Scientific classification
- Kingdom: Animalia
- Phylum: Arthropoda
- Class: Insecta
- Order: Coleoptera
- Suborder: Adephaga
- Family: Carabidae
- Genus: Carabus
- Species: C. intricatus
- Binomial name: Carabus intricatus Linnaeus, 1761

= Carabus intricatus =

- Genus: Carabus
- Species: intricatus
- Authority: Linnaeus, 1761
- Conservation status: LR/nt

Species of beetle

Carabus intricatus, the blue ground beetle, is a species of ground beetle found in Europe.
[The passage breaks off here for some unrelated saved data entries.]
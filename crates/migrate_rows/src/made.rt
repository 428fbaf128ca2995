ghost use Rattle.std.specs.Prelude.{◌≡◌, ◌≤◌, ◌<◌, IfSome};

use anyhow::Result;
use std::alloc::Global;

/// How many bytes a file has at most, 16 MiB.
const FILE_MOST: usize = 16_777_216;

/// How many bytes a design has at most, 1 MiB.
const DESIGN_MOST: usize = 1_048_576;

/// The bytes of a file that is made since it would be long, None where the name isn't that of one.
pub fn made(alloc: Global, name: &str) -> Result<Option<Vec<u8>>> {
    let text = match name {
        "made/16-mib.cfg" => comment(alloc, "!", FILE_MOST)?,
        "made/16-mib-and-a-byte.cfg" => comment(alloc, "!", FILE_MOST + 1)?,
        "made/alone-up-to-16-mib.cfg" => filled(alloc, ALONE, FILE_MOST)?,
        "made/alone-up-to-16-mib-and-a-byte.cfg" => filled(alloc, ALONE, FILE_MOST + 1)?,
        "made/1-mib.toml" => comment(alloc, "#", DESIGN_MOST)?,
        "made/1-mib-and-a-byte.toml" => comment(alloc, "#", DESIGN_MOST + 1)?,
        "made/2000-loopbacks.cfg" => loopbacks(alloc, 2000)?,
        "made/2001-loopbacks.cfg" => loopbacks(alloc, 2001)?,
        "made/4097-ranges.cfg" => ranges(alloc, 4097)?,
        "made/20000-branches-and-open.txt" => branches(alloc, 20_000, "open\n")?,
        "made/20000-branches-and-leaf.txt" => branches(alloc, 20_000, "leaf R1 R2\n")?,
        "made/20000-branches.txt" => branches(alloc, 20_000, "")?,
        _ => return made_ring(alloc, name),
    };
    Ok(Some(text.into_bytes()))
}

/// Those of a file of a ring: its configurations, an order of its routers, or a journal.
fn made_ring(alloc: Global, name: &str) -> Result<Option<Vec<u8>>> {
    let text = match name {
        "made/ring-of-20.cfg" => routers(alloc, &RING_OF_20, 1, 20)?,
        "made/halves-of-20.txt" => halves(alloc, 20)?,
        "made/ring-of-60.cfg" => routers(alloc, &RING_OF_60, 1, 60)?,
        "made/ascending-60.txt" => ascending(alloc, 60)?,
        "made/ring-of-200.cfg" => routers(alloc, &RING_OF_200, 1, 200)?,
        "made/twins-of-200.cfg" => routers(alloc, &TWINS_OF_200, 1, 200)?,
        "made/halves-of-200.txt" => halves(alloc, 200)?,
        "made/waves-of-200.txt" => waves(alloc, 200)?,
        "made/half-done-by-halves.txt" => journal(alloc, 200, Way::Halves, 100)?,
        "made/done-by-halves.txt" => journal(alloc, 200, Way::Halves, 200)?,
        "made/half-done-by-waves.txt" => journal(alloc, 200, Way::Waves, 100)?,
        "made/done-by-waves.txt" => journal(alloc, 200, Way::Waves, 200)?,
        _ => return made_greatest(alloc, name),
    };
    Ok(Some(text.into_bytes()))
}

/// Those of a file of the greatest network, or of one of its routers.
fn made_greatest(alloc: Global, name: &str) -> Result<Option<Vec<u8>>> {
    let text = match name {
        "made/greatest.cfg" => routers(alloc, &GREATEST, 1, 200)?,
        "made/greatest-1.cfg" => quarter(alloc, &GREATEST, 0)?,
        "made/greatest-2.cfg" => quarter(alloc, &GREATEST, 1)?,
        "made/greatest-3.cfg" => quarter(alloc, &GREATEST, 2)?,
        "made/greatest-4.cfg" => quarter(alloc, &GREATEST, 3)?,
        "made/unprepared-1.cfg" => quarter(alloc, &UNPREPARED, 0)?,
        "made/unprepared-2.cfg" => quarter(alloc, &UNPREPARED, 1)?,
        "made/unprepared-3.cfg" => quarter(alloc, &UNPREPARED, 2)?,
        "made/unprepared-4.cfg" => quarter(alloc, &UNPREPARED, 3)?,
        _ => match number_in(name) {
            Some(i) => router(alloc, &RING_OF_200, i)?,
            None => return made_pair(alloc, name),
        },
    };
    Ok(Some(text.into_bytes()))
}

/// Those of a file of a network of OSPF alone, as it is old or as it is new.
fn made_pair(alloc: Global, name: &str) -> Result<Option<Vec<u8>>> {
    match old_or_new(name) {
        Some(ring) => Ok(Some(routers(alloc, &ring, 1, ring.routers)?.into_bytes())),
        None => Ok(None),
    }
}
It is a large beetle (24–35 mm in length), with a metallic purple or blue and roughly surfaced elytra; the second pair of wings (which are used by beetles for flying) under the elytra are reduced. In Britain it was only recorded three times in the twenty years up to 1993 and was considered extinct there. But in 1994 it was found in a couple of places near Dartmoor.
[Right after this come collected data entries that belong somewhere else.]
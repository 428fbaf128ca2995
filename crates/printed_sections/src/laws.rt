ghost use Rattle.printed_sections.specs.PrintedSections.{SectionsReadBack};

/// The law that printed sections read back.
pub fn sections_read_back()
    ensures { SectionsReadBack }
{}
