//! The law of printed sections: a line of words at indent 0 and lines of words with a blank before each read as one section with
//! just these lines, wherever they are put into a configuration.
//!
//! `printed_lines` says it of lines and words; here `ios_sections` reads them. What writes sections stands above.
#![tactic(auto)]

mod laws;

pub use laws::sections_read_back;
Carabus intricatus are nocturnal carnivores that are mainly active in the spring and early summer. Tests have shown they prefer slugs from the genus Limax, especially Limax marginatus. They were also found to have a taste for liver, dog food, and crabsticks.
In the wild, the adults are found under bark on dead wood, and under rocks. It does not require ground vegetation, and likes damp, rotten, moss-covered wood.

The beetles seem to be active throughout the year and a fully-grown larva has been found in summer. This specimen also ate slugs prior to pupating, and emerged as an adult some three weeks later. It is thought that it may take two years to complete its life cycle. The adults are very long-lived.